Namun, tidak semua warga mendukung. Kelompok penebang liar yang kehilangan mata pencaharian merasa terancam dengan upaya ini. Mereka mendatangi Angga dan kelompoknya dengan nada mengancam. “Kalian pikir bisa menyelamatkan hutan ini hanya dengan menanam beberapa pohon? Kami butuh hidup, dan hutan ini adalah sumber penghasilan kami,” ujar seorang penebang dengan nada marah.
Angga menatap mereka dengan tegas. “Aku mengerti kalian butuh hidup. Tapi hutan ini bukan milik kita untuk dihancurkan. Kita bisa menemukan cara lain, bekerja sama untuk menjaga hutan sekaligus mendapatkan sumber penghidupan,” katanya. Namun, para penebang tidak mau mendengarkan. Mereka merasa terpojok dan mulai merusak bibit-bibit yang baru ditanam.
Pertikaian semakin memanas, tetapi Angga dan kelompoknya tetap teguh. Mereka melindungi pohon-pohon kecil itu dengan segala daya, meskipun harus menghadapi ancaman dan cemoohan. Sementara itu, di kejauhan, Genderowo terus mengawasi, menilai apakah manusia benar-benar layak mendapatkan kesempatan kedua.
Bab 5: Cobaan yang Menguji Kesabaran
Hari-hari berlalu, dan tantangan yang dihadapi oleh Angga dan warga semakin berat. Cuaca tidak selalu bersahabat, hujan lebat datang tanpa diduga, membuat beberapa tanaman terhanyut. Sungai yang mereka coba pulihkan kembali sering tercemar oleh limbah dari hulu.

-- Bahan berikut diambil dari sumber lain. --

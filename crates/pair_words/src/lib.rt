//! Circuits over four-valued bits, as pairs of literals (a dual-rail encoding).
//!
//! A four-valued bit is a pair of literals, and a vector a list of such pairs, the least significant first. Each circuit has the
//! value of its operator under all values of the nodes that obey the graph, and so under all values of its inputs, takes no more
//! nodes than it says, and none where the graph has node 0 alone.
#![tactic(auto)]

mod choices;
mod indexes;
mod numbers;
mod pairs;
mod places;
mod shifts;
mod steps;
mod vectors;

pub use choices::on_choice;
pub use numbers::{Number, on_numbers};
pub use pairs::{One, Pair, Two, one_bit};
pub use places::{dyn_put, dyn_slice};
pub use shifts::{Way, constant, shift};
pub use vectors::{on_both, on_each, over_all};
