impl<F: Fn(Global, &mut Cursor<'_>, u8, u8) -> Result<Expr, ParseErr>> Grammar<F> {
    /// A part of this level.
    pub fn expr(&self, tokens: &mut Cursor<'_>, least: u8) -> Result<Expr, ParseErr>
        requires { Nests self.now.depth (F.pre self.now.expr) (F.post self.now.expr) }
        ensures { Reads (spec.expr self.now.depth least tokens.old) result tokens.new }
    {
        (self.expr)(self.alloc, tokens, self.depth, least)
    }

    /// A part of this level, to be held by what it is a part of.
    pub fn part(&self, tokens: &mut Cursor<'_>, least: u8) -> Result<Boxed<Expr>, ParseErr>
        requires { Nests self.now.depth (F.pre self.now.expr) (F.post self.now.expr) }
        ensures { Reads (spec.expr self.now.depth least tokens.old) result tokens.new }
    {
        boxed(self.alloc, self.expr(tokens, least))
    }

    fn parens(&self, tokens: &mut Cursor<'_>) -> Result<(Place, (Boxed<Expr>, Place)), ParseErr>
        requires { Nests self.now.depth (F.pre self.now.expr) (F.post self.now.expr) }
        ensures { Reads (spec.parens self.now.depth (spec.expr self.now.depth) tokens.old) result tokens.new }
    {
        let open = tokens.mark(Mark::LeftParen)?;
        let inner = self.part(tokens, 0)?;
        both(open, both(inner, tokens.mark(Mark::RightParen)))
    }

    #[tactic(auto, unfolding(crate::specs::Reading::cast))]
    fn cast(&self, tokens: &mut Cursor<'_>) -> Result<Boxed<Expr>, ParseErr>
        requires { Nests self.now.depth (F.pre self.now.expr) (F.post self.now.expr) }
        ensures { Reads (spec.cast self.now.depth (spec.expr self.now.depth) tokens.old) result tokens.new }
    {
        tokens.mark(Mark::Tick)?;
        let (_, (inner, _)) = self.parens(tokens)?;
        Ok(inner)
    }

    // What a literal or parentheses are cast to, where a tick stands behind them.
    fn maybe_cast(&self, tokens: &mut Cursor<'_>) -> Result<Option<Boxed<Expr>>, ParseErr>
        requires { Nests self.now.depth (F.pre self.now.expr) (F.post self.now.expr) }
        ensures { Reads (spec.maybe_cast self.now.depth (spec.expr self.now.depth) tokens.old) result tokens.new }
    {
        match tokens.peek_mark(Mark::Tick) {
            Some(_) => {
                let inner = self.cast(tokens)?;
                Ok(Some(inner))
            }
            None => Ok(None),
        }
    }

    #[tactic(auto, unfolding(crate::specs::Reading::literal))]
    fn literal(&self, tokens: &mut Cursor<'_>) -> Result<Expr, ParseErr>
        requires { Nests self.now.depth (F.pre self.now.expr) (F.post self.now.expr) }
        ensures { Reads (spec.literal self.now.depth (spec.expr self.now.depth) tokens.old) result tokens.new }
    {
        let word = tokens.literal(self.alloc)?;
        match self.maybe_cast(tokens)? {
            Some(inner) => Ok(Expr::CastLiteral(word, inner)),
            None => Ok(Expr::Literal(word)),
        }
    }

    #[tactic(auto, unfolding(crate::specs::Reading::parenthesized))]
    fn parenthesized(&self, tokens: &mut Cursor<'_>) -> Result<Expr, ParseErr>
        requires { Nests self.now.depth (F.pre self.now.expr) (F.post self.now.expr) }
        ensures { Reads (spec.parenthesized self.now.depth (spec.expr self.now.depth) tokens.old) result tokens.new }
    {
        let (place, (size, _)) = self.parens(tokens)?;
        match self.maybe_cast(tokens)? {
            Some(inner) => Ok(Expr::CastParen(place, size, inner)),
            None => Ok(Expr::Paren(place, size)),
        }
    }

    // ---- selects

    #[tactic(auto, unfolding(sv_cursor::specs::Parsers::token))]
    fn maybe_range(
        &self,
        tokens: &mut Cursor<'_>,
    ) -> Result<Option<(RangeMark, Boxed<Expr>)>, ParseErr>
        requires { Nests self.now.depth (F.pre self.now.expr) (F.post self.now.expr) }
        ensures { Reads (spec.maybe_range self.now.depth (spec.expr self.now.depth) tokens.old) result tokens.new }
    {
        match range_mark(tokens) {
            Some(mark) => {
                tokens.skip();
                let last = self.part(tokens, 0)?;
                Ok(Some((mark, last)))
            }
            None => Ok(None),
        }
    }

    // The range of a select, where there is one, and the bracket behind it.
    fn closed_range(
        &self,
        tokens: &mut Cursor<'_>,
    ) -> Result<(Option<(RangeMark, Boxed<Expr>)>, Place), ParseErr>
        requires { Nests self.now.depth (F.pre self.now.expr) (F.post self.now.expr) }
        ensures { Reads ((spec.maybe_range self.now.depth (spec.expr self.now.depth) ⊗ test.mark Mark.RightBracket) tokens.old) result tokens.new }
    {
        let range = self.maybe_range(tokens)?;
        both(range, tokens.mark(Mark::RightBracket))
    }

    #[tactic(auto, unfolding(crate::specs::Reading::bracket))]
    fn bracket(&self, tokens: &mut Cursor<'_>) -> Result<Select, ParseErr>
        requires { Nests self.now.depth (F.pre self.now.expr) (F.post self.now.expr) }
        ensures { Reads (spec.bracket self.now.depth (spec.expr self.now.depth) tokens.old) result tokens.new }
    {
        let place = tokens.mark(Mark::LeftBracket)?;
        let first = self.part(tokens, 0)?;
        let (first, (range, _)) = both(first, self.closed_range(tokens))?;
        match range {
            Some((mark, last)) => Ok(Select::Range(place, first, mark, last)),
            None => Ok(Select::Index(place, first)),
        }
    }

    #[tactic(auto, unfolding(crate::specs::Reading::select))]
    fn select(&self, tokens: &mut Cursor<'_>) -> Result<Select, ParseErr>
        requires { Nests self.now.depth (F.pre self.now.expr) (F.post self.now.expr) }
        ensures { Reads (spec.select self.now.depth (spec.expr self.now.depth) tokens.old) result tokens.new }
    {
        match select_opener(tokens) {
            Some(SelectOpener::Dot) => member(self.alloc, tokens, self.depth),
            Some(SelectOpener::Bracket) => self.bracket(tokens),
            None => Err(tokens.refuse()),
        }
    }

    /// The selects behind a name, a range being the last.
    pub fn selects(&self, tokens: &mut Cursor<'_>) -> Result<Items<Select>, ParseErr>
        requires { Nests self.now.depth (F.pre self.now.expr) (F.post self.now.expr) }
        ensures { Reads (spec.selects self.now.depth (spec.expr self.now.depth) tokens.old) result tokens.new }
    {
        let mut found = Items::new(self.alloc);
        for _turn in 0..tokens.left() {
            if !sees_select(tokens) {
                return Ok(found);
            }
            let select = self.select(tokens)?;
            let last = is_range(&select);
            found.push(select)?;
            if last {
                return Ok(found);
            }
        }
        Ok(found)
    }

    #[tactic(auto, unfolding(crate::specs::Reading::name_tail))]
    fn name_tail(&self, tokens: &mut Cursor<'_>) -> Result<NameTail, ParseErr>
        requires { Nests self.now.depth (F.pre self.now.expr) (F.post self.now.expr) }
        ensures { Reads (spec.name_tail self.now.depth (spec.expr self.now.depth) tokens.old) result tokens.new }
    {
        match tokens.peek_mark(Mark::Tick) {
            Some(_) => {
                let inner = self.cast(tokens)?;
                Ok(NameTail::CastTo(inner))
            }
            None => {
                let all = self.selects(tokens)?;
                Ok(NameTail::Selected(all))
            }
        }
    }

    #[tactic(auto, unfolding(crate::specs::Reading::named))]
    fn named(&self, tokens: &mut Cursor<'_>) -> Result<Expr, ParseErr>
        requires { Nests self.now.depth (F.pre self.now.expr) (F.post self.now.expr) }
        ensures { Reads (spec.named self.now.depth (spec.expr self.now.depth) tokens.old) result tokens.new }
    {
        let word = tokens.id(self.alloc)?;
        match self.name_tail(tokens)? {
            NameTail::CastTo(inner) => Ok(Expr::CastName(word, inner)),
            NameTail::Selected(all) => Ok(Expr::Name(word, all)),
        }
    }

    // ---- braces

    #[tactic(auto, unfolding(crate::specs::Reading::after_comma))]
    fn after_comma(&self, tokens: &mut Cursor<'_>) -> Result<Expr, ParseErr>
        requires { Nests self.now.depth (F.pre self.now.expr) (F.post self.now.expr) }
        ensures { Reads (spec.after_comma self.now.depth (spec.expr self.now.depth) tokens.old) result tokens.new }
    {
        tokens.mark(Mark::Comma)?;
        self.expr(tokens, 0)
    }

    fn more(&self, tokens: &mut Cursor<'_>) -> Result<Items<Expr>, ParseErr>
        requires { Nests self.now.depth (F.pre self.now.expr) (F.post self.now.expr) }
        ensures { Reads (spec.more self.now.depth (spec.expr self.now.depth) tokens.old) result tokens.new }
    {
        let mut found = Items::new(self.alloc);
        for _turn in 0..tokens.left() {
            if !sees(tokens, Mark::Comma) {
                return Ok(found);
            }
            let part = self.after_comma(tokens);
            keep(&mut found, part)?;
        }
        Ok(found)
    }

    fn some(&self, tokens: &mut Cursor<'_>) -> Result<(Expr, Items<Expr>), ParseErr>
        requires { Nests self.now.depth (F.pre self.now.expr) (F.post self.now.expr) }
        ensures { Reads ((spec.expr self.now.depth 0 ⊗ spec.more self.now.depth (spec.expr self.now.depth)) tokens.old) result tokens.new }
    {
        let first = self.expr(tokens, 0)?;
        both(first, self.more(tokens))
    }

    #[tactic(auto, unfolding(crate::specs::Reading::copies))]
    fn copies(&self, tokens: &mut Cursor<'_>) -> Result<Items<Expr>, ParseErr>
        requires { Nests self.now.depth (F.pre self.now.expr) (F.post self.now.expr) }
        ensures { Reads (spec.copies self.now.depth (spec.expr self.now.depth) tokens.old) result tokens.new }
    {
        tokens.mark(Mark::LeftBrace)?;
        let (first, more) = self.some(tokens)?;
        closing_braces(tokens)?;
        let all = with_first(self.alloc, first, more)?;
        Ok(all)
    }

    // The other parts, up to the closing brace.
    fn closed_more(&self, tokens: &mut Cursor<'_>) -> Result<(Items<Expr>, Place), ParseErr>
        requires { Nests self.now.depth (F.pre self.now.expr) (F.post self.now.expr) }
        ensures { Reads (spec.closed_more self.now.depth (spec.expr self.now.depth) tokens.old) result tokens.new }
    {
        let all = self.more(tokens)?;
        both(all, tokens.mark(Mark::RightBrace))
    }

    #[tactic(auto, unfolding(crate::specs::Reading::brace_tail))]
    fn brace_tail(&self, tokens: &mut Cursor<'_>) -> Result<BraceTail, ParseErr>
        requires { Nests self.now.depth (F.pre self.now.expr) (F.post self.now.expr) }
        ensures { Reads (spec.brace_tail self.now.depth (spec.expr self.now.depth) tokens.old) result tokens.new }
    {
        match tokens.peek_mark(Mark::LeftBrace) {
            Some(_) => {
                let all = self.copies(tokens)?;
                Ok(BraceTail::Copied(all))
            }
            None => {
                let (all, _) = self.closed_more(tokens)?;
                Ok(BraceTail::Followed(all))
            }
        }
    }

    #[tactic(auto, unfolding(crate::specs::Reading::braced))]
    fn braced(&self, tokens: &mut Cursor<'_>) -> Result<Expr, ParseErr>
        requires { Nests self.now.depth (F.pre self.now.expr) (F.post self.now.expr) }
        ensures { Reads (spec.braced self.now.depth (spec.expr self.now.depth) tokens.old) result tokens.new }
    {
        let place = tokens.mark(Mark::LeftBrace)?;
        let first = self.expr(tokens, 0)?;
        let tail = self.brace_tail(tokens);
        brace_of(self.alloc, place, first, tail)
    }

    // ---- what has no operator between two of its parts

    #[tactic(auto, unfolding(crate::specs::Reading::cast_sign))]
    fn cast_sign(&self, tokens: &mut Cursor<'_>, sign: Sign) -> Result<Expr, ParseErr>
        requires { Nests self.now.depth (F.pre self.now.expr) (F.post self.now.expr) }
        ensures { Reads (spec.cast_sign self.now.depth (spec.expr self.now.depth) sign tokens.old) result tokens.new }
    {
        let place = tokens.keyword(sign_keyword(sign))?;
        let inner = self.cast(tokens)?;
        Ok(Expr::CastSign(sign, place, inner))
    }

    #[tactic(auto, unfolding(crate::specs::Reading::called))]
    fn called(&self, tokens: &mut Cursor<'_>) -> Result<Expr, ParseErr>
        requires { Nests self.now.depth (F.pre self.now.expr) (F.post self.now.expr) }
        ensures { Reads (spec.called self.now.depth (spec.expr self.now.depth) tokens.old) result tokens.new }
    {
        let (name, place) = tokens.system()?;
        let (_, (inner, _)) = self.parens(tokens)?;
        Ok(Expr::System(name, place, inner))
    }

    #[tactic(auto, unfolding(crate::specs::Reading::prefixed))]
    fn prefixed(&self, tokens: &mut Cursor<'_>, op: UnaryOp) -> Result<Expr, ParseErr>
        requires { Nests self.now.depth (F.pre self.now.expr) (F.post self.now.expr) }
        ensures { Reads (spec.prefixed self.now.depth (spec.expr self.now.depth) op tokens.old) result tokens.new }
    {
        let place = tokens.mark(unary_mark(op))?;
        let operand = self.part(tokens, 13)?;
        Ok(Expr::Unary(op, place, operand))
    }

    /// What has no operator between two of its parts: a primary, or a unary operator and its operand (A.8.4, A.8.3).
    #[tactic(auto, unfolding(crate::specs::Reading::prefix))]
    pub fn prefix(&self, tokens: &mut Cursor<'_>) -> Result<Expr, ParseErr>
        requires { Nests self.now.depth (F.pre self.now.expr) (F.post self.now.expr) }
        ensures { Reads (spec.prefix self.now.depth (spec.expr self.now.depth) tokens.old) result tokens.new }
    {
        match begins(tokens) {
            Some(Opener::Literal) => self.literal(tokens),
            Some(Opener::Name) => self.named(tokens),
            Some(Opener::Paren) => self.parenthesized(tokens),
            Some(Opener::Brace) => self.braced(tokens),
            Some(Opener::Sign(sign)) => self.cast_sign(tokens, sign),
            Some(Opener::System(_)) => self.called(tokens),
            Some(Opener::Unary(op)) => self.prefixed(tokens, op),
            None => Err(tokens.refuse()),
        }
    }
}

Namun, Angga tidak pernah menyerah.
Di tengah segala kesulitan, Genderowo muncul di hadapan Angga saat ia sendirian di hutan. “Kau tetap berusaha meskipun harapan tampak tipis. Mengapa?” tanyanya. Angga, dengan napas tersengal, menjawab, “Karena ini bukan hanya tentang hidup kami, tetapi tentang masa depan generasi berikutnya. Aku tidak ingin mereka hidup dengan dosa dan kehancuran yang kami tinggalkan.”
Genderowo terdiam sejenak, kemudian berkata, “Kalian telah menunjukkan ketekunan, tetapi itu belum cukup. Aku ingin melihat apakah seluruh desa akan berubah, atau hanya sekelompok kecil yang berjuang.” Dengan itu, Genderowo menghilang, meninggalkan Angga yang kini merasa bahwa beban perjuangannya semakin berat.
Di balai desa, Angga kembali mengumpulkan warga. Kali ini, lebih banyak orang yang mulai mendukungnya, setelah melihat usaha dan ketulusan mereka yang telah berjuang selama ini. Pak Lurah pun mulai melunak, meskipun rasa curiga masih tersisa. Namun, jalan masih panjang, dan kutukan Genderowo masih menggantung di atas desa Sidomulyo.